-- Provided records follows --

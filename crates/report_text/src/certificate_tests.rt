ghost use Rattle.std.specs.Prelude.{◌≡◌, length, IsTrue};
ghost use Rattle.zero_sets.specs.ZeroSets.{members_below};
ghost use Rattle.report_text.specs.Certified.{IsNamedCertificate};

use super::print_chain;
use super::tests::{are_in_least, is_in_least, names_of, poly};
use certificates::{Certificate, Certificates};
use field_table::Field;
use sparse_poly::Polys;
use split_paths::Path;
use std::alloc::Global;
use std::test::Fail;

/// How many polynomials of a chain have a main variable less than `v`.
fn count_below(chain: &Polys, v: usize) -> usize
    ensures { result ≡ length (members_below v chain.now) }
{
    let mut count = 0;
    for i in 0..chain.count() {
        match chain.at(i).main_var() {
            None => {}
            Some(u) => {
                if u < v {
                    count += 1;
                }
            }
        }
    }
    count
}

/// Whether only the `k` least variables occur in a certificate with as many cofactors as it needs.
fn is_named(k: usize, chain: &Polys, c: &Certificate) -> bool
    ensures { IsTrue result → IsNamedCertificate k chain.now c.now }
{
    c.of() < k
        && is_in_least(k, c.cofactor())
        && are_in_least(k, c.below())
        && is_in_least(k, c.value())
        && c.below().count() == count_below(chain, c.of())
}

/// The text of a chain with one certificate, and none where a variable has no name.
fn printed(
    alloc: Global,
    names: &str,
    path: &Path,
    chain: &Polys,
    certificate: Certificate,
) -> Result<String, Fail> {
    let names = names_of(alloc, names)?;
    let named = is_named(names.count(), chain, &certificate);
    let mut certificates = Certificates::new(alloc);
    certificates.push(certificate)?;
    if !named || !are_in_least(names.count(), chain) {
        return Ok(String::new(alloc));
    }
    Ok(print_chain(alloc, &names, path, chain, &certificates)?)
}

/// x, y^2, x*y^2*z + y*z + 4*z + 4.
#[test]
fn a_cofactor_that_is_0_has_no_line(rt: HostRuntime) -> Result<(), Fail> {
    let alloc = rt.alloc();
    let f = Field::of(5)?;
    let mut chain = Polys::new(alloc);
    chain.push(poly(alloc, f, &[(1, [1, 0, 0, 0])])?)?;
    chain.push(poly(alloc, f, &[(1, [0, 2, 0, 0])])?)?;
    let last = [
        (1, [1, 2, 1, 0]),
        (1, [0, 1, 1, 0]),
        (4, [0, 0, 1, 0]),
        (4, [0, 0, 0, 0]),
    ];
    chain.push(poly(alloc, f, &last)?)?;
    let mut below = Polys::new(alloc);
    below.push(poly(alloc, f, &[])?)?;
    let of_y = [(1, [1, 1, 0, 0]), (1, [1, 0, 0, 0]), (1, [0, 0, 0, 0])];
    below.push(poly(alloc, f, &of_y)?)?;
    let cofactor = poly(alloc, f, &[(4, [0, 1, 0, 0]), (4, [0, 0, 0, 0])])?;
    let value = poly(alloc, f, &[(1, [0, 0, 0, 0])])?;
    let certificate = Certificate::new(2, cofactor, below, value);
    let path = Path::root(alloc).child(1)?.child(1)?;
    let text = printed(alloc, "x y z", &path, &chain, certificate)?;
    assert_eq!(rt;
        text.as_str(),
        "chain 1.1\npoly x\npoly y^2\npoly x*y^2*z + y*z + 4*z + 4\n\
         regular z by 4*y + 4\nwith y x*y + x + 1\nvalue 1\n"
    );
    Ok(())
}

/// x^2 + 4*a, x*y + 4: the least variable is no main variable.
#[test]
fn cofactors_stand_beside_their_main_variables(rt: HostRuntime) -> Result<(), Fail> {
    let alloc = rt.alloc();
    let f = Field::of(5)?;
    let mut chain = Polys::new(alloc);
    chain.push(poly(alloc, f, &[(1, [0, 2, 0, 0]), (4, [1, 0, 0, 0])])?)?;
    chain.push(poly(alloc, f, &[(1, [0, 1, 1, 0]), (4, [0, 0, 0, 0])])?)?;
    let mut below = Polys::new(alloc);
    below.push(poly(alloc, f, &[(1, [0, 0, 0, 0])])?)?;
    let cofactor = poly(alloc, f, &[(4, [0, 1, 0, 0])])?;
    let value = poly(alloc, f, &[(4, [1, 0, 0, 0])])?;
    let certificate = Certificate::new(2, cofactor, below, value);
    let text = printed(
        alloc,
        "a x y",
        &Path::root(alloc).child(1)?,
        &chain,
        certificate,
    )?;
    assert_eq!(rt;
        text.as_str(),
        "chain 1\npoly x^2 + 4*a\npoly x*y + 4\nregular y by 4*x\nwith x 1\nvalue 4*a\n"
    );
    Ok(())
}
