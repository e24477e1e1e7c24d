ghost use Rattle.std.specs.Prelude.{◌≡◌};
ghost use Rattle.report_text.specs.Statuses.{status_number};

/// How a run ended.
#[derive(Clone, Copy, Debug, PartialEq, Eq)]
pub enum Status {
    /// The answer was written to its end.
    Chains,

    /// The answer was written up to the first branch that passed a limit.
    Stopped,

    /// The words of the command line are no command.
    Usage,

    /// What was read is no system.
    Refused,

    /// A read failed.
    ReadFault,

    /// A write failed.
    WriteFault,

    /// There was no memory.
    OutOfMemory,
}

impl Status {
    /// The number that a program ends with.
    pub fn number(self) -> u8
        ensures { result ≡ status_number self }
    {
        match self {
            Status::Chains => 0,
            Status::Stopped => 1,
            Status::Usage => 2,
            Status::Refused => 3,
            Status::ReadFault => 4,
            Status::WriteFault => 5,
            Status::OutOfMemory => 6,
        }
    }
}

-- Provided records concluded --

Work required. Go line by line through the listing and count every line that includes the word "npoly". Only the total is needed.

Problem solution. 2